▶

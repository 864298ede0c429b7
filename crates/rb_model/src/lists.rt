//! Lists of a block's parts, which contracts see as lists.

use crate::block::{Field, Reg, Signal, Slot, View, Word};
use crate::kinds::{RefItem, Shown};
use std::marker::Model;

/// The signals of a block, in node order.
#[derive(Drop)]
pub struct Signals {
    pub items: Vec<Signal>,
}

impl Model for Signals {
    ghost use Rattle.std.specs.Prelude.{List};
    ghost use Rattle.rb_model.specs.declared.block.Signal.{Signal};

    ghost Value = { List Signal };

    ghost view = { λ all. all.items.items };
}

/// The fields of a block, in node order.
#[derive(Drop)]
pub struct Fields {
    pub items: Vec<Field>,
}

impl Model for Fields {
    ghost use Rattle.std.specs.Prelude.{List};
    ghost use Rattle.rb_model.specs.declared.block.Field.{Field};

    ghost Value = { List Field };

    ghost view = { λ all. all.items.items };
}

/// The views of a block, in node order.
#[derive(Drop)]
pub struct Views {
    pub items: Vec<View>,
}

impl Model for Views {
    ghost use Rattle.std.specs.Prelude.{List};
    ghost use Rattle.rb_model.specs.declared.block.View.{View};

    ghost Value = { List View };

    ghost view = { λ all. all.items.items };
}

/// The slots of a word.
#[derive(Drop)]
pub struct Slots {
    pub items: Vec<Slot>,
}

impl Model for Slots {
    ghost use Rattle.std.specs.Prelude.{List};
    ghost use Rattle.rb_model.specs.declared.block.Slot.{Slot};

    ghost Value = { List Slot };

    ghost view = { λ all. all.items.items };
}

/// Words, by address.
#[derive(Drop)]
pub struct Words {
    pub items: Vec<Word>,
}

impl Model for Words {
    ghost use Rattle.std.specs.Prelude.{List};
    ghost use Rattle.rb_model.specs.declared.block.Word.{Word};

    ghost Value = { List Word };

    ghost view = { λ all. all.items.items };
}

/// The registers of a block, in node order.
#[derive(Drop)]
pub struct Regs {
    pub items: Vec<Reg>,
}

impl Model for Regs {
    ghost use Rattle.std.specs.Prelude.{List};
    ghost use Rattle.rb_model.specs.declared.block.Reg.{Reg};

    ghost Value = { List Reg };

    ghost view = { λ all. all.items.items };
}

/// The outputs that a field has beside its value, in port order.
#[derive(Drop)]
pub struct Shows {
    pub items: Vec<Shown>,
}

impl Model for Shows {
    ghost use Rattle.std.specs.Prelude.{List};
    ghost use Rattle.rb_model.specs.declared.kinds.Shown.{Shown};

    ghost Value = { List Shown };

    ghost view = { λ all. all.items.items };
}

/// Items, each behind those that it refers to.
#[derive(Drop)]
pub struct Order {
    pub items: Vec<RefItem>,
}

impl Model for Order {
    ghost use Rattle.std.specs.Prelude.{List};
    ghost use Rattle.rb_model.specs.declared.kinds.RefItem.{RefItem};

    ghost Value = { List RefItem };

    ghost view = { λ all. all.items.items };
}
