//! What the definitions determine.

ghost use Rattle.std.specs.Prelude.{◌≡◌, ℕ, ◌^◌, ◌<◌, true, Some, List, ◌++◌, Contains, map, slice_get, get_or};
ghost use Rattle.rb_base.specs.declared.ports.Pin.{Pin};
ghost use Rattle.v_design.specs.Design.{outputs_among};
ghost use Rattle.v_design.specs.Fits.{FitsPins};
ghost use Rattle.v_design.specs.WellFormed.{distinct};
ghost use Rattle.rb_model.specs.declared.kinds.RefItem.{RefItem};
ghost use Rattle.rb_model.specs.declared.block.Block.{Block};
ghost use Rattle.rb_model.specs.Items.{Now, ItemValues, AreItemValues, items};
ghost use Rattle.rb_model.specs.Kept.{Kept, Map, Fits, kept_pins};
ghost use Rattle.rb_model.specs.Ports.{ports, input_pins};
ghost use Rattle.rb_model.specs.References.{item_width};
ghost use Rattle.rb_model.specs.Run.{ClockEdge, MachineRun, all_outputs, answer, kept_next, now, pins_of};
ghost use Rattle.rb_model.specs.Sound.{IsSound};

/// In a sound block the items have values at each vector.
pub fn item_values_exist()
    ensures { (b : Block) (n : Now) → IsSound b → (v : ItemValues) × AreItemValues b n v }
{}

/// They have no other values.
pub fn item_values_are_one()
    ensures { (b : Block) (n : Now) → IsSound b → (u v : ItemValues)
        → AreItemValues b n u → AreItemValues b n v → (i : RefItem) → Contains (items b) i → u i ≡ v i }
{}

/// An edge's outputs, the answer to its access and what is kept after it depend on the items' values alone, and so are
/// the same for all values of the items.
pub fn edge_is_of_item_values()
    ensures outputs { (b : Block) (n : Now) → IsSound b → (u v : ItemValues)
        → AreItemValues b n u → AreItemValues b n v → all_outputs b n u ≡ all_outputs b n v }
    ensures answer { (b : Block) (n : Now) → IsSound b → (u v : ItemValues)
        → AreItemValues b n u → AreItemValues b n v → answer b n u ≡ answer b n v }
    ensures kept { (b : Block) (n : Now) → IsSound b → (u v : ItemValues)
        → AreItemValues b n u → AreItemValues b n v → (k : Kept) → kept_next b n u k ≡ kept_next b n v k }
{}

/// The machine of a sound block runs from any kept values and for any vectors, of any lengths and widths.
pub fn machine_runs()
    ensures { (b : Block) → IsSound b → (m : Map) (vectors : List (List ℕ))
        → (outputs : List (List ℕ)) × MachineRun b m vectors outputs }
{}

/// It has no other run.
pub fn one_machine_run()
    ensures { (b : Block) → IsSound b → (m : Map) (vectors first second : List (List ℕ))
        → MachineRun b m vectors first → MachineRun b m vectors second → first ≡ second }
{}

/// A run doesn't depend on the order of the items.
pub fn order_is_free()
    ensures { (b : Block) (order : List RefItem) (m : Map) (vectors outputs : List (List ℕ))
        → MachineRun b m vectors outputs → MachineRun (record b { order = order }) m vectors outputs }
{}

/// From kept values and for pins within their widths, the items' values are within theirs, and so are what an edge
/// shows and what is kept after it.
pub fn edge_fits()
    ensures items { (b : Block) → IsSound b → (m : Map) → Fits b m → (x : List ℕ) → FitsPins (input_pins b) x
        → (v : ItemValues) → AreItemValues b (now b (pins_of b x) m) v → (i : RefItem) → Contains (items b) i
        → v i < 2 ^ item_width b i }
    ensures outputs { (b : Block) → IsSound b → (m : Map) → Fits b m → (x : List ℕ) → FitsPins (input_pins b) x
        → (outs : List ℕ) (after : Map) → ClockEdge b m x outs after → FitsPins (outputs_among (ports b)) outs }
    ensures kept { (b : Block) → IsSound b → (m : Map) → Fits b m → (x : List ℕ) → FitsPins (input_pins b) x
        → (outs : List ℕ) (after : Map) → ClockEdge b m x outs after → Fits b after }
{}

/// The ports and the registers of the kept values have names that differ.
pub fn names_differ()
    ensures { (b : Block) → IsSound b → distinct (map (λ p. p.name) (ports b) ++ map (λ p. p.name) (kept_pins b)) ≡ true }
{}

/// The number of a pin by its name is that at its place in the vector.
pub fn pins_are_by_place()
    ensures { (b : Block) → IsSound b → (place : ℕ) (pin : Pin) (vector : List ℕ)
        → slice_get (input_pins b) place ≡ Some pin → pins_of b vector pin.name ≡ get_or vector place 0 }
{}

◀

# Work to be completed
Give the records again, complete and exact.

# Exercise answer
repository 864298ede0c429b7
filename crates/rb_model/src/lists.rt
//! Lists of a block's parts, which contracts see as lists.

use crate::block::{Field, Reg, Signal, Slot, View, Word};
use crate::kinds::{RefItem, Shown};
use std::marker::Model;

/// The signals of a block, in node order.
#[derive(Drop)]
pub struct Signals {
    pub items: Vec<Signal>,
}

impl Model for Signals {
    ghost use Rattle.std.specs.Prelude.{List};
    ghost use Rattle.rb_model.specs.declared.block.Signal.{Signal};

    ghost Value = { List Signal };

    ghost view = { λ all. all.items.items };
}

/// The fields of a block, in node order.
#[derive(Drop)]
pub struct Fields {
    pub items: Vec<Field>,
}

impl Model for Fields {
    ghost use Rattle.std.specs.Prelude.{List};
    ghost use Rattle.rb_model.specs.declared.block.Field.{Field};

    ghost Value = { List Field };

    ghost view = { λ all. all.items.items };
}

/// The views of a block, in node order.
#[derive(Drop)]
pub struct Views {
    pub items: Vec<View>,
}

impl Model for Views {
    ghost use Rattle.std.specs.Prelude.{List};
    ghost use Rattle.rb_model.specs.declared.block.View.{View};

    ghost Value = { List View };

    ghost view = { λ all. all.items.items };
}

/// The slots of a word.
#[derive(Drop)]
pub struct Slots {
    pub items: Vec<Slot>,
}

impl Model for Slots {
    ghost use Rattle.std.specs.Prelude.{List};
    ghost use Rattle.rb_model.specs.declared.block.Slot.{Slot};

    ghost Value = { List Slot };

    ghost view = { λ all. all.items.items };
}

/// Words, by address.
#[derive(Drop)]
pub struct Words {
    pub items: Vec<Word>,
}

impl Model for Words {
    ghost use Rattle.std.specs.Prelude.{List};
    ghost use Rattle.rb_model.specs.declared.block.Word.{Word};

    ghost Value = { List Word };

    ghost view = { λ all. all.items.items };
}

/// The registers of a block, in node order.
#[derive(Drop)]
pub struct Regs {
    pub items: Vec<Reg>,
}

impl Model for Regs {
    ghost use Rattle.std.specs.Prelude.{List};
    ghost use Rattle.rb_model.specs.declared.block.Reg.{Reg};

    ghost Value = { List Reg };

    ghost view = { λ all. all.items.items };
}

/// The outputs that a field has beside its value, in port order.
#[derive(Drop)]
pub struct Shows {
    pub items: Vec<Shown>,
}

impl Model for Shows {
    ghost use Rattle.std.specs.Prelude.{List};
    ghost use Rattle.rb_model.specs.declared.kinds.Shown.{Shown};

    ghost Value = { List Shown };

    ghost view = { λ all. all.items.items };
}

/// Items, each behind those that it refers to.
#[derive(Drop)]
pub struct Order {
    pub items: Vec<RefItem>,
}

impl Model for Order {
    ghost use Rattle.std.specs.Prelude.{List};
    ghost use Rattle.rb_model.specs.declared.kinds.RefItem.{RefItem};

    ghost Value = { List RefItem };

    ghost view = { λ all. all.items.items };
}
//! What the definitions determine.

ghost use Rattle.std.specs.Prelude.{◌≡◌, ℕ, ◌^◌, ◌<◌, true, Some, List, ◌++◌, Contains, map, slice_get, get_or};
ghost use Rattle.rb_base.specs.declared.ports.Pin.{Pin};
ghost use Rattle.v_design.specs.Design.{outputs_among};
ghost use Rattle.v_design.specs.Fits.{FitsPins};
ghost use Rattle.v_design.specs.WellFormed.{distinct};
ghost use Rattle.rb_model.specs.declared.kinds.RefItem.{RefItem};
ghost use Rattle.rb_model.specs.declared.block.Block.{Block};
ghost use Rattle.rb_model.specs.Items.{Now, ItemValues, AreItemValues, items};
ghost use Rattle.rb_model.specs.Kept.{Kept, Map, Fits, kept_pins};
ghost use Rattle.rb_model.specs.Ports.{ports, input_pins};
ghost use Rattle.rb_model.specs.References.{item_width};
ghost use Rattle.rb_model.specs.Run.{ClockEdge, MachineRun, all_outputs, answer, kept_next, now, pins_of};
ghost use Rattle.rb_model.specs.Sound.{IsSound};

/// In a sound block the items have values at each vector.
pub fn item_values_exist()
    ensures { (b : Block) (n : Now) → IsSound b → (v : ItemValues) × AreItemValues b n v }
{}

/// They have no other values.
pub fn item_values_are_one()
    ensures { (b : Block) (n : Now) → IsSound b → (u v : ItemValues)
        → AreItemValues b n u → AreItemValues b n v → (i : RefItem) → Contains (items b) i → u i ≡ v i }
{}

/// An edge's outputs, the answer to its access and what is kept after it depend on the items' values alone, and so are
/// the same for all values of the items.
pub fn edge_is_of_item_values()
    ensures outputs { (b : Block) (n : Now) → IsSound b → (u v : ItemValues)
        → AreItemValues b n u → AreItemValues b n v → all_outputs b n u ≡ all_outputs b n v }
    ensures answer { (b : Block) (n : Now) → IsSound b → (u v : ItemValues)
        → AreItemValues b n u → AreItemValues b n v → answer b n u ≡ answer b n v }
    ensures kept { (b : Block) (n : Now) → IsSound b → (u v : ItemValues)
        → AreItemValues b n u → AreItemValues b n v → (k : Kept) → kept_next b n u k ≡ kept_next b n v k }
{}

/// The machine of a sound block runs from any kept values and for any vectors, of any lengths and widths.
pub fn machine_runs()
    ensures { (b : Block) → IsSound b → (m : Map) (vectors : List (List ℕ))
        → (outputs : List (List ℕ)) × MachineRun b m vectors outputs }
{}

/// It has no other run.
pub fn one_machine_run()
    ensures { (b : Block) → IsSound b → (m : Map) (vectors first second : List (List ℕ))
        → MachineRun b m vectors first → MachineRun b m vectors second → first ≡ second }
{}

/// A run doesn't depend on the order of the items.
pub fn order_is_free()
    ensures { (b : Block) (order : List RefItem) (m : Map) (vectors outputs : List (List ℕ))
        → MachineRun b m vectors outputs → MachineRun (record b { order = order }) m vectors outputs }
{}

/// From kept values and for pins within their widths, the items' values are within theirs, and so are what an edge
/// shows and what is kept after it.
pub fn edge_fits()
    ensures items { (b : Block) → IsSound b → (m : Map) → Fits b m → (x : List ℕ) → FitsPins (input_pins b) x
        → (v : ItemValues) → AreItemValues b (now b (pins_of b x) m) v → (i : RefItem) → Contains (items b) i
        → v i < 2 ^ item_width b i }
    ensures outputs { (b : Block) → IsSound b → (m : Map) → Fits b m → (x : List ℕ) → FitsPins (input_pins b) x
        → (outs : List ℕ) (after : Map) → ClockEdge b m x outs after → FitsPins (outputs_among (ports b)) outs }
    ensures kept { (b : Block) → IsSound b → (m : Map) → Fits b m → (x : List ℕ) → FitsPins (input_pins b) x
        → (outs : List ℕ) (after : Map) → ClockEdge b m x outs after → Fits b after }
{}

/// The ports and the registers of the kept values have names that differ.
pub fn names_differ()
    ensures { (b : Block) → IsSound b → distinct (map (λ p. p.name) (ports b) ++ map (λ p. p.name) (kept_pins b)) ≡ true }
{}

/// The number of a pin by its name is that at its place in the vector.
pub fn pins_are_by_place()
    ensures { (b : Block) → IsSound b → (place : ℕ) (pin : Pin) (vector : List ℕ)
        → slice_get (input_pins b) place ≡ Some pin → pins_of b vector pin.name ≡ get_or vector place 0 }
{}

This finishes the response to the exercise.